Based on LangExtract v1.1.1 by Google. Ported to TypeScript with Gemini and Cloudflare Workers AI support.
Features
- Source grounding — every extraction maps back to exact character positions in the original text
- Sentence-aware chunking — three-strategy chunker that respects sentence boundaries
- Two-phase alignment — exact token matching + fuzzy fallback for robust source mapping
- Universal runtime — runs on Node.js 18+, Cloudflare Workers, Deno, and Bun
- Minimal dependencies — only
zodrequired; provider SDKs are optional - Interactive visualization — self-contained HTML with playback controls
- Provider plugins — built-in Gemini + Cloudflare, extensible for custom providers
Installation
npm install langextract-ts
# or
pnpm add langextract-tsFor Gemini support (optional):
npm install @google/genaiQuick Start
import { extract } from "langextract-ts";
const result = await extract(
"The patient takes Aspirin 81mg daily for heart health.",
{
promptDescription: "Extract all medications with their dosage and frequency.",
examples: [{
text: "She takes Lisinopril 10mg once daily.",
extractions: [{
extractionClass: "medication",
text: "Lisinopril",
attributes: { dosage: "10mg", frequency: "once daily" },
}],
}],
modelId: "gemini-2.0-flash",
apiKey: process.env.GOOGLE_API_KEY,
},
);
// result.extractions[0]:
// {
// extractionClass: "medication",
// text: "Aspirin",
// charInterval: { startPos: 18, endPos: 25 },
// alignmentStatus: "exact",
// attributes: { dosage: "81mg", frequency: "daily" },
// }With Cloudflare Workers AI
import { extract } from "langextract-ts";
const result = await extract(
"Romeo professes his love for Juliet in the famous balcony scene.",
{
promptDescription: "Extract all characters mentioned.",
examples: [{
text: "Hamlet speaks to Horatio.",
extractions: [{
extractionClass: "character",
text: "Hamlet",
}],
}],
modelId: "@cf/meta/llama-3.3-70b-instruct-fp8-fast",
apiKey: process.env.CF_API_TOKEN,
accountId: process.env.CF_ACCOUNT_ID,
},
);API
extract(input, options)
Main entry point. Accepts strings, URLs, or Document[].
| Option | Default | Description |
|---|---|---|
| promptDescription | required | Task instructions for the LLM |
| examples | required | Few-shot examples |
| modelId | "gemini-2.0-flash" | Model identifier |
| apiKey | env var | Provider API key |
| maxCharBuffer | 1000 | Max characters per chunk |
| batchLength | 10 | Chunks per inference batch |
| maxWorkers | 10 | Concurrent requests |
| extractionPasses | 1 | Number of extraction passes |
| contextWindowChars | 0 | Cross-chunk context window |
| formatType | "json" | Output format ("json" or "yaml") |
Chunking
import { chunkDocument, createDocument } from "langextract-ts";
const doc = createDocument("Your long text here...");
for (const chunk of chunkDocument(doc, { maxCharBuffer: 500 })) {
console.log(chunk.text, chunk.charInterval);
}Tokenization
import { RegexTokenizer, UnicodeTokenizer } from "langextract-ts";
const tokenizer = new RegexTokenizer();
const { tokens } = tokenizer.tokenize("Hello world!");
// tokens: [{ text: "Hello", tokenType: "word", charInterval: { startPos: 0, endPos: 5 } }, ...]

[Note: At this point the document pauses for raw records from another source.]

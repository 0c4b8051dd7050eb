//! Which rectangles of a list share a place with one, or hold a place, by boxes of boxes.
#![tactic(auto)]

mod hits;
mod indexes;
mod trees;

pub use hits::{Hits, HitsAt};
pub use indexes::Bounds;

#[cfg(test)]
mod tests;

// For CJK/international text:
const unicode = new UnicodeTokenizer();
const { tokens: cjkTokens } = unicode.tokenize("Hello 世界");Visualization
import { visualize } from "langextract-ts";
const html = visualize(annotatedDocument, {
title: "Medication Extraction",
animationSpeed: 1500,
});
// Save `html` to a file and open in browserCustom Providers
import { BaseLanguageModel, registerProvider } from "langextract-ts";
class MyProvider extends BaseLanguageModel {
async *infer(prompts) {
for (const prompt of prompts) {
const response = await myApi.call(prompt);
yield [{ output: response, score: 1.0 }];
}
}
}
registerProvider([/^my-model/], () => MyProvider, 20);Architecture
Input Text/URL
-> Tokenization (RegexTokenizer or UnicodeTokenizer)
-> Sentence-aware Chunking (3 strategies)

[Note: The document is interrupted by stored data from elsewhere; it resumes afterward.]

impl<'a> IndexedEntry<'a> {
    /// Finds the options in one walk.
    pub(crate) fn of(entry: &'a AuthEntryView<'a>) -> IndexedEntry<'a>
        ensures { result ≡ entry.now }
    {
        IndexedEntry {
            entry,
            options: LineOptions::of(entry.options()),
        }
    }

    /// The options that a login asks for.
    pub(crate) fn options(&self) -> &LineOptions<'a>
        ensures authority { result.now.authority ≡ is_authority self.now }
        ensures from { result.now.from ≡ setting From self.now.options }
        ensures principals { result.now.principals ≡ setting Principals self.now.options }
        ensures command { result.now.command ≡ setting Command self.now.options }
        ensures expires { result.now.expires ≡ is_some (setting ExpiryTime self.now.options) }
    {
        &self.options
    }

    /// The texts of the expiry times, in the order of the line.
    pub(crate) fn expiry_texts(&self) -> SettingViews<'a>
        ensures { result ≡ settings ExpiryTime self.now.options }
    {
        self.entry.expiry_texts()
    }
}

/// The kind number of a user's certificate (PROTOCOL.certkeys).
const USER_CERTIFICATE: u32 = 1;

/// Whether the moment, in seconds since 1970-01-01 in UTC, is past. A text without a moment counts
/// as past, so that an unreadable time admits nobody.
fn is_past(moment: Option<i64>, now: u64) -> bool
    ensures { result ≡ is_past now moment }
{
    match moment {
        Some(moment) => match u64::try_from(moment) {
            Ok(moment) => moment < now,
            // A moment before 1970 is past, because `now` counts from 1970.
            Err(_) => true,
        },
        None => true,
    }
}

/// Whether the moment of an expiry time is past, in the zone of the query.
fn is_past_time(
    alloc: Global,
    value: &ValueView<'_>,
    claim: &LoginClaimView<'_>,
) -> Result<bool, AllocError>
    ensures value { IfOk result (λ past. past ≡ is_past_time (claim_of claim.now).query value.now) }
    ensures spare { has_quote value.now ≡ false → IsOk result }
{
    let text = ValueText::new(alloc, value)?;
    let moment = expiry(alloc, text.as_slice(), claim.query.zone)?;
    Ok(is_past(moment, claim.query.now))
}

/// Whether an expiry time of the line is past. Of several times the earliest counts.
fn is_expired(
    alloc: Global,
    entry: &IndexedEntry<'_>,
    claim: &LoginClaimView<'_>,
) -> Result<bool, AllocError>
    ensures value { IfOk result (λ expired.
        expired ≡ is_expired (claim_of claim.now).query (settings ExpiryTime entry.now.options)) }
    ensures spare { list_any has_quote (settings ExpiryTime entry.now.options) ≡ false → IsOk result }
{
    if !entry.options().expires {
        return Ok(false);
    }
    for value in entry.expiry_texts() {
        if is_past_time(alloc, &value, claim)? {
            return Ok(true);
        }
    }
    Ok(false)
}

/// Whether the line's list of sources permits the client, and the matcher steps that this took.
/// Without a list every client is permitted.
fn line_source(
    alloc: Global,
    entry: &IndexedEntry<'_>,
    claim: &LoginClaimView<'_>,
) -> Result<(Permit, u128), AllocError>
    ensures value { IfOk result
        (λ found. found.0 ≡ line_source entry.now (claim_of claim.now).query) }
    ensures spare { is_escaped (setting From entry.now.options) ≡ false → IsOk result }
    ensures most { IfOk result (λ found.
        found.1 ≤ source_most (setting From entry.now.options) (claim_of claim.now).query) }
{
    let Some(value) = &entry.options().from else {
        return Ok((Permit::Yes, 0));
    };
    let list = ValueText::new(alloc, value)?;
    Ok(source_list_counted(list.as_slice(), claim.query.host, claim.query.address))
}

/// Why the line's options do not admit the login, leaving the certificate aside, and the matcher
/// steps that this took.
fn options_mismatch(
    alloc: Global,
    entry: &IndexedEntry<'_>,
    claim: &LoginClaimView<'_>,
) -> Result<(Option<Mismatch>, u128), AllocError>
    ensures value { IfOk result (λ found. found.0 ≡ first_mismatch (role_row (is_authority entry.now)
        (is_certified (claim_of claim.now).offer)
        ∷ when (is_expired (claim_of claim.now).query (settings ExpiryTime entry.now.options)) Expired
        ∷ permit_row SourceBad SourceRefused (line_source entry.now (claim_of claim.now).query) ∷ [])) }
    ensures spare { (is_in_role (is_authority entry.now) (is_certified (claim_of claim.now).offer)
        && has_escaped entry.now) ≡ false → IsOk result }
    ensures most { IfOk result (λ found.
        found.1 ≤ source_most (setting From entry.now.options) (claim_of claim.now).query) }
{
    if let Some(mismatch) = role_mismatch(entry.options().authority, claim.offer.is_certified()) {
        return Ok((Some(mismatch), 0));
    }
    if is_expired(alloc, entry, claim)? {
        return Ok((Some(Mismatch::Listed(Reason::Expired)), 0));
    }
    let (source, steps) = line_source(alloc, entry, claim)?;
    let mismatch = permit_mismatch(Reason::SourceBad, Reason::SourceRefused, source);
    Ok((mismatch, steps))
}

/// Whether a name of the line's `principals` list is a principal of the certificate.
fn has_listed_principal(
    alloc: Global,
    value: &ValueView<'_>,
    checked_certificate: &CheckedCertificate<'_>,
) -> Result<bool, AllocError>
    ensures value { IfOk result (λ served.
        served ≡ serves (Some value.now) checked_certificate.now.user checked_certificate.now.certificate) }
    ensures spare { has_quote value.now ≡ false → IsOk result }
{
    let list = ValueText::new(alloc, value)?;
    Ok(has_listed(checked_certificate.principals(), list.as_slice()))
}

/// Whether the certificate is for a principal that is asked for: one of the line's list, or the
/// user where the line has no list.
fn has_served_principal(
    alloc: Global,
    entry: &IndexedEntry<'_>,
    checked_certificate: &CheckedCertificate<'_>,
) -> Result<bool, AllocError>
    ensures value { IfOk result (λ served.
        served ≡ serves (setting Principals entry.now.options) checked_certificate.now.user
        checked_certificate.now.certificate) }
    ensures spare { is_escaped (setting Principals entry.now.options) ≡ false → IsOk result }
{
    match &entry.options().principals {
        None => Ok(checked_certificate.serves_user()),
        Some(value) => has_listed_principal(alloc, value, checked_certificate),
    }
}

/// Why the certificate is not in force: its kind, its validity period or its principals.
fn force_mismatch(
    alloc: Global,
    entry: &IndexedEntry<'_>,
    query: &LoginQuery<'_>,
    checked_certificate: &CheckedCertificate<'_>,
) -> Result<Option<Mismatch>, AllocError>
    ensures value { IfOk result (λ o.
        o ≡ first_mismatch (force_rows user_certificate query.entry.now.now query.entry.now.empty_principals
        (setting Principals entry.now.options) checked_certificate.now.user checked_certificate.now.certificate)) }
    ensures spare { is_escaped (setting Principals entry.now.options) ≡ false → IsOk result }
{
    if let Some(mismatch) = period_mismatch(
        USER_CERTIFICATE,
        query.now,
        checked_certificate.certificate(),
    ) {
        return Ok(Some(mismatch));
    }
    let serves = has_served_principal(alloc, entry, checked_certificate)?;
    Ok(principal_mismatch(
        serves,
        query.empty_principals,
        checked_certificate.certificate(),
    ))
}

/// Why the certificate does not serve for a login by this line: it is not in force, or a critical
/// option is not met.
fn certificate_mismatch(
    alloc: Global,
    entry: &IndexedEntry<'_>,
    matcher: &LoginMatcher<'_>,
    checked_certificate: &CheckedCertificate<'_>,
) -> Result<Option<Mismatch>, AllocError>
    requires { judged_of matcher.now ≡ Some checked_certificate.now }
    ensures value { IfOk result (λ o.
        o ≡ certificate_mismatch entry.now matcher.now checked_certificate.now.certificate) }
    ensures spare { is_escaped (setting Principals entry.now.options) ≡ false
        → is_named (certificate_mismatch entry.now matcher.now checked_certificate.now.certificate) ≡ false
        → IsOk result }
{
    if let Some(mismatch) = force_mismatch(
        alloc,
        entry,
        &matcher.claim().query,
        checked_certificate,
    )? {
        return Ok(Some(mismatch));
    }
    checked_certificate.critical_mismatch(entry)
}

-> Few-shot Prompt Construction
-> Batched LLM Inference (concurrent with Semaphore)
-> JSON Parsing + Extraction
-> Two-phase Alignment (exact + fuzzy via SequenceMatcher)

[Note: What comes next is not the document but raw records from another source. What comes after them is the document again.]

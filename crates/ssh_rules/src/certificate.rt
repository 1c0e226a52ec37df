//! What a login asks of its certificate, found once for all lines (PROTOCOL.certkeys).

ghost use Rattle.std.specs.Prelude.{◌≡◌, option_copied, None, [], ◌∷◌, false, IfOk, IsOk, not};
ghost use Rattle.std.specs.List.{list_all, list_any};
ghost use Rattle.ssh_certs.specs.CertificateOf.{certificate_of};
ghost use Rattle.ssh_certs.specs.CertificateOptions.{has_option, text_of_option, forced_by_certificate};
ghost use Rattle.ssh_certs.specs.Left.{options_left};
ghost use Rattle.ssh_certs.specs.OptionTable.{critical_named, fits};
ghost use Rattle.ssh_rules.specs.CertificateRules.{certificate_source, first_unknown, has_its_form, has_principal, has_two, is_among, is_known, listed_names, has_repeats, serves};
ghost use Rattle.ssh_options.specs.declared.option.ValueName.TheVariants.{Command};
ghost use Rattle.ssh_options.specs.Settings.{setting};
ghost use Rattle.ssh_rules.specs.declared.reason.Reason.TheVariants.{CertSourceBad, CertSourceRefused, CommandConflict, CriticalData, CriticalRepeated};
ghost use Rattle.ssh_rules.specs.Admission.{commands_differ, critical_rows};
ghost use Rattle.ssh_rules.specs.Judged.{IsPlainlyJudged, Judged};
ghost use Rattle.ssh_rules.specs.Mismatches.{first_mismatch, permit_row, when};
ghost use Rattle.ssh_rules.specs.Spare.{is_named};

use crate::admission::IndexedEntry;
use crate::options::{SharedName, kept_name};
use crate::reason::{Mismatch, Reason, permit_mismatch, unknown_mismatch};
use ssh_certs::{
    CertOptions, CertView, CertificateOption, PrincipalIndex, has_option, no_principals,
};
use ssh_options::ValueView;
use ssh_patterns::{Address, Permit, cidr_list};
use std::alloc::{AllocError, Global};
use std::marker::Model;

/// Whether the certificate's `source-address` list permits an address. Without a list all are
/// permitted.
pub(crate) fn certificate_source(certificate: &CertView<'_>, address: &Address) -> Permit
    ensures { result ≡ certificate_source (certificate_of certificate.now) address.now }
{
    match certificate.text_of(CertificateOption::SourceAddress) {
        Some(list) => cidr_list(list, address),
        None => Permit::Yes,
    }
}

/// Whether this is the name of a critical option that a login supports.
fn is_known(name: &[u8]) -> bool
    ensures { result ≡ is_known name.now }
{
    CertificateOption::critical_named(name).is_some()
}

/// The name of the first option that a login does not support.
pub(crate) fn first_unknown(options: CertOptions<'_>) -> Option<&[u8]>
    ensures { option_copied result ≡ first_unknown (options_left options.entry) }
{
    for (name, _) in options {
        if !is_known(name) {
            return Some(name);
        }
    }
    None
}

/// Whether two options have this name.
fn has_two(name: &[u8], options: CertOptions<'_>) -> bool
    ensures { result ≡ has_two name.now (options_left options.entry) }
{
    let mut rest = options;
    while let Some((other, _)) = rest.next() {
        if other == name {
            return has_option(name, rest);
        }
    }
    false
}

/// Whether the name of some critical option occurs twice.
pub(crate) fn has_repeated(certificate: &CertView<'_>) -> bool
    ensures { result ≡ has_repeats (certificate_of certificate.now).critical }
{
    for (name, _) in certificate.critical() {
        if has_two(name, certificate.critical()) {
            return true;
        }
    }
    false
}

/// Whether the data of a critical option has the form that PROTOCOL.certkeys gives for its name.
fn has_its_form(name: &[u8], value: &[u8]) -> bool
    ensures { result ≡ has_its_form (record { name = name.now; value = value.now }) }
{
    match CertificateOption::critical_named(name) {
        Some(option) => option.fits(value),
        None => false,
    }
}

/// Whether the data of every critical option has the form of its name.
pub(crate) fn have_their_forms(options: CertOptions<'_>) -> bool
    ensures { result ≡ list_all has_its_form (options_left options.entry) }
{
    for (name, data) in options {
        if !has_its_form(name, data) {
            return false;
        }
    }
    true
}

/// Whether the name is one of the principals, byte for byte.
fn has_principal(certificate: &CertView<'_>, name: &[u8]) -> bool
    ensures { result ≡ has_principal (certificate_of certificate.now) name.now }
{
    certificate.has_principal(name)
}

/// Whether a name of a line's list is a principal. An empty name in the list never matches.
fn is_among(principals: &PrincipalIndex<'_>, name: &[u8]) -> bool
    ensures { result ≡ is_among principals.now name.now }
{
    !name.is_empty() && principals.has(name)
}

/// Whether one of the names of a line's list is a principal.
pub(crate) fn has_listed(principals: &PrincipalIndex<'_>, list: &[u8]) -> bool
    ensures { result ≡ list_any (is_among principals.now) (listed_names list.now) }
{
    list.split(|b| *b == b',')
        .any(|name| is_among(principals, name))
}

/// Whether the certificate is for this name, where no line lists others: it is one of the
/// principals, byte for byte, or there are none and the certificate is for all (PROTOCOL.certkeys,
/// valid principals). Pass the name of a user, or that of a host in ASCII lower case and without
/// its port. Whether a certificate without principals is accepted at all is decided by
/// `principal_mismatch`.
pub fn serves(certificate: &CertView<'_>, user: &[u8]) -> bool
    ensures { result ≡ serves None user.now (certificate_of certificate.now) }
{
    no_principals(certificate) || has_principal(certificate, user)
}

/// A login's certificate with what no line changes, found once for all lines. Contracts see the
/// certificate, and the address and the user of the login.
#[derive(Drop)]
pub(crate) struct CheckedCertificate<'a> {
    certificate: CertView<'a>,
    address: Address,
    user: &'a [u8],
    /// The name of the first critical option that a login does not support.
    unknown: Option<SharedName>,
    /// The name of some critical option occurs twice.
    repeated: bool,
    /// The data of every critical option has its form.
    formed: bool,
    /// Whether its `source-address` list permits the address.
    source: Permit,
    /// The command of its `force-command`.
    command: Option<&'a [u8]>,
    /// It is for the user, where the line lists no principals.
    for_user: bool,
    /// Its principals, looked up for the `principals` list of each line.
    principals: PrincipalIndex<'a>,
}

impl<'a> Model for CheckedCertificate<'a> {
    ghost use Rattle.std.specs.Prelude.{◌≡◌, None, option_copied};
    ghost use Rattle.std.specs.List.{list_all};
    ghost use Rattle.ssh_certs.specs.CertificateOf.{certificate_of};
    ghost use Rattle.ssh_certs.specs.CertificateOptions.{forced_by_certificate};
    ghost use Rattle.ssh_rules.specs.CertificateRules.{
      certificate_source,
      first_unknown,
      has_its_form,
      has_repeats,
      serves,
    };
    ghost use Rattle.ssh_rules.specs.Judged.{Judged};

    ghost Value = { Judged };

    ghost view = { λ s.
        record
        { certificate = certificate_of s.certificate; address = s.address; user = s.user.now } };

    ghost invariant = { λ s. (s.unknown ≡ first_unknown (certificate_of s.certificate).critical)
        × (s.repeated ≡ has_repeats (certificate_of s.certificate).critical)
        × (s.formed ≡ list_all has_its_form (certificate_of s.certificate).critical)
        × (s.source ≡ certificate_source (certificate_of s.certificate) s.address)
        × (option_copied s.command ≡ forced_by_certificate (certificate_of s.certificate))
        × (s.for_user ≡ serves None s.user.now (certificate_of s.certificate))
        × (s.principals ≡ (certificate_of s.certificate).principals) };
}

/// Both the line and the certificate force a command, and these differ in some byte.
fn commands_differ(line: Option<&ValueView<'_>>, own: Option<&[u8]>) -> bool
    ensures { result ≡ commands_differ (option_copied line.entry) (option_copied own.entry) }
{
    match (line, own) {
        (Some(line), Some(own)) => !line.is_text(own),
        _ => false,
    }
}

/// Why the critical options are not well formed: a name occurs twice, or some data does not have
/// the form that its name requires.
fn form_mismatch(repeated: bool, formed: bool) -> Option<Mismatch>
    ensures { result ≡ first_mismatch (when repeated CriticalRepeated
        ∷ when (not formed) CriticalData ∷ []) }
{
    if repeated {
        return Some(Mismatch::Listed(Reason::CriticalRepeated));
    }
    if !formed {
        return Some(Mismatch::Listed(Reason::CriticalData));
    }
    None
}

impl<'a> CheckedCertificate<'a> {
    /// Checks a certificate. Memory is allocated for the name of an unsupported critical option,
    /// and for the order of the principals.
    pub(crate) fn new(
        alloc: Global,
        certificate: &CertView<'a>,
        address: &Address,
        user: &'a [u8],
    ) -> Result<CheckedCertificate<'a>, AllocError>
        ensures value { IfOk result (λ checked_certificate. checked_certificate ≡ record {
          certificate = certificate_of certificate.now;
          address = address.now;
          user = user.now;
        }) }
        ensures spare { IsPlainlyJudged (certificate_of certificate.now) → IsOk result }
    {
        let unknown = kept_name(alloc, first_unknown(certificate.critical()))?;
        let principals = PrincipalIndex::new(alloc, certificate)?;
        Ok(CheckedCertificate {
            certificate: *certificate,
            address: *address,
            user,
            unknown,
            repeated: has_repeated(certificate),
            formed: have_their_forms(certificate.critical()),
            source: certificate_source(certificate, address),
            command: certificate.text_of(CertificateOption::ForceCommand),
            for_user: serves(certificate, user),
            principals,
        })
    }

    /// The certificate, as offered.
    pub(crate) fn certificate(&self) -> &CertView<'a>
        ensures { certificate_of result.now ≡ self.now.certificate }
    {
        &self.certificate
    }

    /// It is for the user, where the line lists no principals.
    pub(crate) fn serves_user(&self) -> bool
        ensures { result ≡ serves None self.now.user self.now.certificate }
    {
        self.for_user
    }

    /// Its principals, for the list of a line.
    pub(crate) fn principals(&self) -> &PrincipalIndex<'a>
        ensures { result.now ≡ self.now.certificate.principals }
    {
        &self.principals
    }

    /// Why a supported critical option is not met: the list of sources or the forced command.
    fn known_mismatch(&self, entry: &IndexedEntry<'_>) -> Option<Mismatch>
        ensures { result ≡ first_mismatch (permit_row CertSourceBad CertSourceRefused
            (certificate_source self.now.certificate self.now.address)
            ∷ when (commands_differ (setting Command entry.now.options)
            (forced_by_certificate self.now.certificate)) CommandConflict ∷ []) }
    {
        if let Some(mismatch) = permit_mismatch(
            Reason::CertSourceBad,
            Reason::CertSourceRefused,
            self.source,
        ) {
            return Some(mismatch);
        }
        if commands_differ(entry.options().command.as_ref(), self.command) {
            return Some(Mismatch::Listed(Reason::CommandConflict));
        }
        None
    }

    /// Why a critical option of the certificate is not met by a line.
    pub(crate) fn critical_mismatch(
        &self,
        entry: &IndexedEntry<'_>,
    ) -> Result<Option<Mismatch>, AllocError>
        ensures value { IfOk result (λ o.
            o ≡ first_mismatch (critical_rows entry.now self.now.address self.now.certificate)) }
        ensures spare { is_named (first_mismatch (critical_rows entry.now self.now.address
            self.now.certificate)) ≡ false → IsOk result }
    {
        if let Some(mismatch) = unknown_mismatch(self.unknown.as_ref())? {
            return Ok(Some(mismatch));
        }
        if let Some(mismatch) = form_mismatch(self.repeated, self.formed) {
            return Ok(Some(mismatch));
        }
        Ok(self.known_mismatch(entry))
    }
}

-> AnnotatedDocument with CharInterval positionsRuntime Compatibility
| Runtime | Supported | Notes | |---|---|---| | Node.js 18+ | Yes | Full support | | Cloudflare Workers | Yes | Web APIs only | | Deno | Yes | V8-based | | Bun | Yes | JavaScriptCore |
License
Apache-2.0
This project is a derivative work of Google's LangExtract, originally licensed under Apache-2.0.